Merci k-root ! J'ai fait une copie  :Smile: 

----------

## Syl20

 *Magic Banana wrote:*   

> Je suis contre ce défaitisme. Des associations comme la Quadrature du Net luttent pour nos libertés (notamment notre droit à la vie privée) en tant qu'utilisateur d'Internet. Nous devons les aider. Des lois peuvent être à terme votées pour interdire la surveillance de masse ou pour limiter la rétention de données par les FAI, on peut convaincre les utilisateurs du danger de confier ses données à une poignée d'acteurs dont le modèle économique est basé sur le profiling, etc.

 

Les lois votées dernièrement vont exactement dans le sens inverse. La pédophilie et le terrorisme sont des arguments tellement pratiques.

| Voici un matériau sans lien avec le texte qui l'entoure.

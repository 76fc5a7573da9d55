//! Numbers read piece by piece (RFC 8259, section 6).
ghost use Rattle.std.specs.Prelude.{◌≡◌, ◌==◌, ◌<◌, ◌≤◌, [], ℕ, List, Bool};
ghost use Rattle.std.specs.Prelude.{OnOk, Option, Some, None, length, true};
ghost use Rattle.std.specs.Prelude.{if◌then◌else◌, option_map, string_bytes};
ghost use Rattle.tinyjson_number.specs.Characters.{letter_e, minus_sign};
ghost use Rattle.tinyjson_grammar.specs.Machine.{Frame, awaited, complete, digits, integer, fraction};
ghost use Rattle.tinyjson_grammar.specs.Machine.{exponent, next};
ghost use Rattle.tinyjson_tokens.specs.NumberSteps.{Digits, BeginsNumber, Accepts, Gathered};
ghost use Rattle.tinyjson_tokens.specs.NumberSteps.{ReadsPart, Signs};
ghost use Rattle.tinyjson_tokens.specs.NumberSteps.{is_below_zero, marks_of};
ghost use Rattle.tinyjson_tokens.specs.Steps.{Ends, Reads};
ghost use Rattle.tinyjson_grammar.specs.Tree.{number};
ghost use Rattle.tinyjson_number.specs.Numeral.{numeral, Numeral, is_exponent_letter};
ghost use Rattle.tinyjson_number.specs.Reading.{ReadsNumeral, exponent_of};

use crate::reader::TokenReader;
use crate::tokens::Tokens;
use tinyjson_grammar::JsonParseErrorKind;
use tinyjson_number::{ExponentParts, JsonNumber, LiteralError, NumberParts, has_leading_zero};

/// What a number has besides its digits, which are gathered without anything between them.
#[derive(Clone, Copy)]
struct Marks {
    /// Whether it begins with a `-`.
    negative: bool,
    /// Where the digits of the integer part end.
    integer: usize,
    /// Where those of the fraction end.
    fraction: usize,
    /// Whether the exponent is below zero, if there is one.
    exponent: Option<bool>,
}

impl<S: Tokens> TokenReader<S> {
    /// Reads the number by its parts, whose digits are gathered.
    #[inline(never)]
    pub(crate) fn gathered_number(&mut self) -> Result<JsonNumber, JsonParseErrorKind>
        requires begins { BeginsNumber S.sight self.old.source }
        ensures reads { (limit : Option ℕ) (fs : List Frame) →
            Reads S.sight limit self.old.source (next fs awaited) result
            (λ n. complete true fs (number n.decimal) true) self.new.source }
        ensures left { OnOk result (S.left self.new.source < S.left self.old.source) }
    {
        let marks = self.parts()?;
        match self.gathered(marks) {
            Ok(number) => Ok(number),
            Err(LiteralError::OutOfRange) => Err(JsonParseErrorKind::NumberOutOfRange),
            Err(LiteralError::OutOfMemory) => Err(JsonParseErrorKind::OutOfMemory),
        }
    }

    /// Reads the digits of a number's parts into the buffer.
    fn parts(&mut self) -> Result<Marks, JsonParseErrorKind>
        requires { BeginsNumber S.sight self.old.source }
        ensures reads { ReadsPart S.sight marks_of (λ n. n) exponent
            self.old.source (λ fs. next fs awaited) result (string_bytes self.new.digit_buffer)
            self.new.source }
        ensures left { OnOk result (S.left self.new.source < S.left self.old.source) }
    {
        self.digit_buffer.clear();
        let negative = self.integer()?;
        let integer = self.digit_buffer.len();
        self.fraction()?;
        let fraction = self.digit_buffer.len();
        let exponent = self.exponent()?;
        Ok(Marks {
            negative,
            integer,
            fraction,
            exponent,
        })
    }

    /// The number whose digits were gathered.
    fn gathered(&self, marks: Marks) -> Result<JsonNumber, LiteralError>
        requires order { marks.integer ≤ marks.fraction }
        requires within { marks.fraction ≤ length (string_bytes self.now.digit_buffer) }
        requires gathered { (n : Numeral) × Gathered n (string_bytes self.now.digit_buffer)
            × (marks ≡ marks_of n) }
        ensures { (n : Numeral) → Gathered n (string_bytes self.now.digit_buffer)
            → marks ≡ marks_of n → ReadsNumeral n result }
    {
        let digits = self.digit_buffer.as_bytes();
        let parts = NumberParts {
            negative: marks.negative,
            integer: &digits[..marks.integer],
            fraction: &digits[marks.integer..marks.fraction],
            exponent: exponent_parts(marks.exponent, &digits[marks.fraction..]),
        };
        JsonNumber::from_parts(self.alloc, parts)
    }

    /// Reads the minus sign, if there is one, and the digits of the integer part; says whether there is a
    /// minus sign.
    fn integer(&mut self) -> Result<bool, JsonParseErrorKind>
        requires begins { BeginsNumber S.sight self.old.source }
        requires empty { string_bytes self.old.digit_buffer ≡ [] }
        ensures reads { ReadsPart S.sight (λ n. n.negative)
            (λ (x : Bool × List ℕ). numeral x.0 x.1 [] None) integer
            self.old.source (λ fs. next fs awaited) result (string_bytes self.new.digit_buffer)
            self.new.source }
        ensures left { OnOk result (S.left self.new.source < S.left self.old.source) }
    {
        let negative = self.accept('-');
        self.digits(JsonParseErrorKind::EmptyInteger)?;
        if has_leading_zero(self.digit_buffer.as_bytes()) {
            return Err(JsonParseErrorKind::LeadingZero);
        }
        Ok(negative)
    }

    /// Reads the point and the digits after it, if there is a point.
    fn fraction(&mut self) -> Result<(), JsonParseErrorKind>
        ensures reads { (b : Bool) (ds : List ℕ) →
            Gathered (numeral b ds [] None) (string_bytes self.old.digit_buffer) →
            Ends S.sight self.old.source → ReadsPart S.sight (λ _. tt)
            (λ f. numeral b ds f None) fraction
            self.old.source (λ fs. next fs (digits integer (numeral b ds [] None))) result
            (string_bytes self.new.digit_buffer) self.new.source }
        ensures left { OnOk result (S.left self.new.source ≤ S.left self.old.source) }
    {
        if !self.accept('.') {
            return Ok(());
        }
        self.digits(JsonParseErrorKind::EmptyFraction)
    }

    /// Reads the letter, the sign and the digits of the exponent, if there is one, and says whether it is
    /// below zero.
    fn exponent(&mut self) -> Result<Option<bool>, JsonParseErrorKind>
        ensures reads { (b : Bool) (ds f : List ℕ) →
            Gathered (numeral b ds f None) (string_bytes self.old.digit_buffer) →
            Ends S.sight self.old.source → ReadsPart S.sight (λ n. is_below_zero n.exponent)
            (numeral b ds f) exponent
            self.old.source (λ fs. next fs (digits fraction (numeral b ds f None))) result
            (string_bytes self.new.digit_buffer) self.new.source }
        ensures left { OnOk result (S.left self.new.source ≤ S.left self.old.source) }
    {
        if !self.letter() {
            return Ok(None);
        }
        let negative = self.sign();
        self.digits(JsonParseErrorKind::EmptyExponent)?;
        Ok(Some(negative))
    }

    /// Reads digits, and adds them to the buffer; the error is of this kind where there is none.
    fn digits(&mut self, empty: JsonParseErrorKind) -> Result<(), JsonParseErrorKind>
        ensures reads { Digits S.sight empty self.old.source
            (string_bytes self.old.digit_buffer) result
            (string_bytes self.new.digit_buffer) self.new.source }
        ensures left { OnOk result (S.left self.new.source < S.left self.old.source) }
    {
        let before = self.digit_buffer.len();
        if self.source.digits(&mut self.digit_buffer).is_err() {
            return Err(JsonParseErrorKind::OutOfMemory);
        }
        if self.digit_buffer.len() == before {
            return Err(empty);
        }
        Ok(())
    }

    /// Reads the letter of an exponent, if it comes next, and says whether it does.
    fn letter(&mut self) -> bool
        ensures accepts { Accepts S.sight is_exponent_letter self.old.source result
            self.new.source }
        ensures kept { self.new.digit_buffer ≡ self.old.digit_buffer }
        ensures left { S.left self.new.source ≤ S.left self.old.source }
    {
        match self.source.peek() {
            Some(c) if c == 'e' || c == 'E' => {
                self.source.bump();
                true
            }
            _ => false,
        }
    }

    /// Reads the sign of an exponent, if there is one, and says whether it is a minus sign.
    fn sign(&mut self) -> bool
        ensures signs { Signs S.sight self.old.source result self.new.source }
        ensures kept { self.new.digit_buffer ≡ self.old.digit_buffer }
        ensures left { S.left self.new.source ≤ S.left self.old.source }
    {
        match self.source.peek() {
            Some(c) if c == '+' || c == '-' => {
                self.source.bump();
                c == '-'
            }
            _ => false,
        }
    }

    /// Reads this character if it comes next, and says whether it does.
    fn accept(&mut self, wanted: char) -> bool
        ensures accepts { Accepts S.sight (λ c. c == wanted) self.old.source result
            self.new.source }
        ensures kept { self.new.digit_buffer ≡ self.old.digit_buffer }
        ensures left { S.left self.new.source ≤ S.left self.old.source }
    {
        match self.source.peek() {
            Some(c) if c == wanted => {
                self.source.bump();
                true
            }
            _ => false,
        }
    }
}

/// The exponent of these digits, with this sign, if there is one.
fn exponent_parts(negative: Option<bool>, digits: &[u8]) -> Option<ExponentParts<'_>>
    ensures { exponent_of result ≡ option_map (λ b. record {
      letter = letter_e;
      sign = if b then Some minus_sign else None;
      digits = digits.now;
    }) negative }
{
    let negative = negative?;
    Some(ExponentParts { negative, digits })
}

Quant au profiling, la plupart des utilisateurs déversent volontiers toute leur vie (et celle des autres en passant) sur le web, sans que quiconque ait besoin de les y inciter. Les objets connectés étendent le suivi systématique des habitudes des utilisateurs, et avec leur bénédiction de surcroît, en-dehors des ordinateurs. Et la prochaine étape arrive : la rénumération des "volontaires" au suivi permanent par les assureurs, sous la forme de baisses de primes. Les rares réticences qui existent encore vont bien vite tomber.

Comment aller à l'encontre de tout ça ? Dès que je commence à en parler autour de moi, même en effleurant le sujet, je passe pour un paranoïaque obsessionnel. Le plus drôle, c'est que si tout le monde le fait, c'est justement parce que tout le monde le fait.  :Rolling Eyes: 

Ce qui me gêne le plus, c'est la collecte de données "en sous-marin", sans mon consentement. Je passe un certain temps à m'en protéger, et même si le résultat est, de mon point de vue, satisfaisant (je n'ai jamais subi de publicités ciblées, par exemple), je sais que je ne vois que la partie émergée de l'iceberg.

Mais j'ai remarqué que ce que je ne divulgue pas, mes "amis" le font pour moi, de toute façon. Grâce, entre autres, à ma sœur, j'ai une existence sur Facebook, alors que je n'y ai jamais mis les pieds.

----------

## El_Goretto

 *Syl20 wrote:*   

> Comment aller à l'encontre de tout ça ? Dès que je commence à en parler autour de moi, même en effleurant le sujet, je passe pour un paranoïaque obsessionnel. Le plus drôle, c'est que si tout le monde le fait, c'est justement parce que tout le monde le fait. 
> 
> 

 

+1

Avec le rageant principe"je n'ai rien à cacher": réfléchir est fatiguant, donc la pente douce où se laisser couler est la plus tentante.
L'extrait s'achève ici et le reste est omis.